Yes, exactly! Emphasis mine.

-The Gneech


----------



## Ashrum the Black (Jul 14, 2006)

I can't speak for the rest of the folks, but I'd say a valid reason for the item to "self repair" would definitly make it more reasonable to me. I think folks just see the critter as using some natural ability to disolve the metal and once a metal starts to rust, they don't get better without work. Spelling out the curse ability and why they have it, (created critter from an escaped mad wizards lab?) would would remove the objection for me.
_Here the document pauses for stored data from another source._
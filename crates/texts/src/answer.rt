// What is answered, as the numbers that a line gives behind its own.
ghost use Rattle.std.specs.Prelude.{[], ◌++◌, ◌∷◌, ◌≡◌, ◌+◌, ◌≤◌, min, get_or, length};
ghost use Rattle.protocol.specs.Bounds.{max_partitions};
ghost use Rattle.rehearsal.specs.Answers.{max_numbers, numbers_of, square_of, stored};

use rehearsal::{NUMBERS, Numbers, SIDE};

// These numbers, and no more.
fn listed(numbers: &[u32]) -> Numbers
    requires { length numbers.now ≤ max_numbers }
    ensures { result ≡ stored numbers.now }
{
    let count = numbers.len();
    let mut items = [0; NUMBERS];
    items[..count].copy_from_slice(numbers);
    Numbers { count, items }
}

// The refusal, the transaction number concerned, the reply.
pub fn answered(refusal: u32, number: u32, reply: u32) -> Numbers
    ensures { result ≡ stored (refusal ∷ number ∷ reply ∷ []) }
{
    listed(&[refusal, number, reply])
}

// Accepted; entries, back-pointers, records and messages over all.
pub fn totals(entries: u32, backpointers: u32, records: u32, messages: u32) -> Numbers
    ensures { result ≡ stored (0 ∷ entries ∷ backpointers ∷ records ∷ messages ∷ []) }
{
    listed(&[0, entries, backpointers, records, messages])
}

// A row behind the numbers that are there.
fn with_row(x: Numbers, row: &[u32]) -> Numbers
    requires { (x ≡ stored (numbers_of x)) × (length (numbers_of x) + length row.now ≤ max_numbers) }
    ensures { result ≡ stored (numbers_of x ++ row.now) }
{
    let mut items = x.items;
    let count = x.count + row.len();
    items[x.count..count].copy_from_slice(row);
    Numbers { count, items }
}

// Accepted; the queue lengths between the partitions that there are, one row for each sender, row after row.
pub fn square(lengths: [[u32; SIDE]; SIDE], count: usize) -> Numbers
    ensures { result ≡ stored (0 ∷ square_of (min count max_partitions) (λ s k. get_or (get_or lengths s []) k 0)) }
{
    let side = count.min(SIDE);
    let mut x = listed(&[0]);
    for row in &lengths[..side] {
        x = with_row(x, &row[..side]);
    }
    x
}
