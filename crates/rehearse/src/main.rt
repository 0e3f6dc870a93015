// The rehearsal program (document 01, 'The rehearsal program'): a schedule on standard input, its answers on standard output.
#![tactic(auto)]

fn main(rt: HostRuntime) {
    stream::run(&mut rt.stdin(), &mut rt.stdout());
}
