// Writes a line of numbers into a lent buffer: decimals without leading zeros, one space between two, and LF.
ghost use Rattle.std.specs.Prelude.{[], ◌∷◌, ◌≡◌, ◌*◌, ◌+◌, ◌-◌, ◌<◌, ◌≤◌, leb, length};
ghost use Rattle.rehearsal.specs.Line.{base, digit_zero, space};
ghost use Rattle.rehearsal.specs.Answers.{numbers_of, max_numbers};
ghost use Rattle.rehearsal.specs.Text.{decimal_of, spaced, rest_text, line_text, most_digits, written, Puts, Adds};

use rehearsal::{DIGIT_ZERO, LF, Numbers, SPACE};

const BASE: u64 = rehearsal::BASE as u64;

// Digits are divided off the number: there is no list to go through.
fn digit_count(n: u64) -> usize
    ensures { (result ≡ length (decimal_of n)) × (result ≤ most_digits) }
{
    let mut count = 1;
    let mut rest = n;
    while BASE <= rest {
        rest /= BASE;
        count += 1;
    }
    count
}

fn digit_of(n: u64) -> u8
    requires { n < base }
    ensures { result ≡ digit_zero + n }
{
    DIGIT_ZERO + n as u8
}

// The digits of n, the last of them right before a place.
fn put_digits(out: &mut [u8], end: usize, n: u64)
    requires { (length (decimal_of n) ≤ end) × (end ≤ length out.old) }
    ensures { out.new ≡ written out.old (end - length (decimal_of n)) (decimal_of n) }
{
    let mut at = end - 1;
    let mut rest = n;
    while BASE <= rest {
        out[at] = digit_of(rest % BASE);
        at -= 1;
        rest /= BASE;
    }
    out[at] = digit_of(rest);
}

fn has_room(len: usize, at: usize, size: usize) -> bool
    ensures { result ≡ leb (at + size) len }
{
    at <= len && size <= len - at
}

// A number's text; where the room is too short, nothing.
pub fn put_number(out: &mut [u8], at: usize, n: u64) -> usize
    ensures { Puts (decimal_of n) out.old at out.new result }
{
    let size = digit_count(n);
    if !has_room(out.len(), at, size) {
        return at;
    }
    put_digits(out, at + size, n);
    at + size
}

// A byte, where there is room.
fn put_byte(out: &mut [u8], at: usize, b: u8) -> usize
    requires { at < length out.old }
    ensures { Adds (b ∷ []) out.old at out.new result }
{
    out[at] = b;
    at + 1
}

// A number behind a space, where there is room.
fn put_next(out: &mut [u8], at: usize, n: u32) -> usize
    requires { at + length (space ∷ decimal_of n) ≤ length out.old }
    ensures { Adds (space ∷ decimal_of n) out.old at out.new result }
{
    let next = put_byte(out, at, SPACE);
    put_number(out, next, u64::from(n))
}

fn spaced_size(numbers: &[u32]) -> usize
    requires { length numbers.now ≤ max_numbers }
    ensures { (result ≡ length (spaced numbers.now)) × (result ≤ max_numbers * (most_digits + 1)) }
{
    let mut size = 0;
    for n in numbers {
        size += 1 + digit_count(u64::from(*n));
    }
    size
}

fn put_spaced(out: &mut [u8], at: usize, numbers: &[u32]) -> usize
    requires { at + length (spaced numbers.now) ≤ length out.old }
    ensures { Adds (spaced numbers.now) out.old at out.new result }
{
    let mut next = at;
    for n in numbers {
        next = put_next(out, next, *n);
    }
    next
}

fn put_rest(out: &mut [u8], at: usize, numbers: &[u32]) -> usize
    requires { at + length (rest_text numbers.now) ≤ length out.old }
    ensures { Adds (rest_text numbers.now) out.old at out.new result }
{
    let next = put_spaced(out, at, numbers);
    put_byte(out, next, LF)
}

// A line of the output: its own number, what it answers, and LF; where the room is too short, nothing.
pub fn put_line(out: &mut [u8], at: usize, line: u64, x: Numbers) -> usize
    ensures { Puts (line_text (line ∷ numbers_of x)) out.old at out.new result }
{
    let numbers = x.listed();
    let size = digit_count(line) + spaced_size(numbers) + 1;
    if !has_room(out.len(), at, size) {
        return at;
    }
    let next = put_number(out, at, line);
    put_rest(out, next, numbers)
}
But at the same time I don't see a problem with making folks work to repair the items though either. Possibly linking the ability to the smothing like the mending spell. A zero level spell all wizards have access to, but may not have memorized. One casting could repair the entire damage, and remove the rusting curse on one item. Means folks may need to step back and rest after the encouter to recover their full potential, but means they won't need to go all the way back to town. And that response can happen from any encounter.

-Ashrum


----------



## Belen (Jul 14, 2006)

Ridley's Cohort said:
			
		

> And for those who so like the Rust Monster, how about a creature that can permenantly suck spells out of the mind/spellbook of a Wizard/Sorceror as a ranged attack?  Or can eat skill points?  Sound like fun?




That would be cool.  A parasite creature that fed off of spell energy causing a mage to have to seek some mental healing etc.


----------



## Whizbang Dustyboots (Jul 14, 2006)

I like the idea of a mending spell working to repair rust monster 2.0 damage.

And I would have no problem with a "spelleater" or the like that does damage to spell slots.


----------



## Cam Banks (Jul 14, 2006)

BelenUmeria said:
			
		

> That would be cool.  A parasite creature that fed off of spell energy causing a mage to have to seek some mental healing etc.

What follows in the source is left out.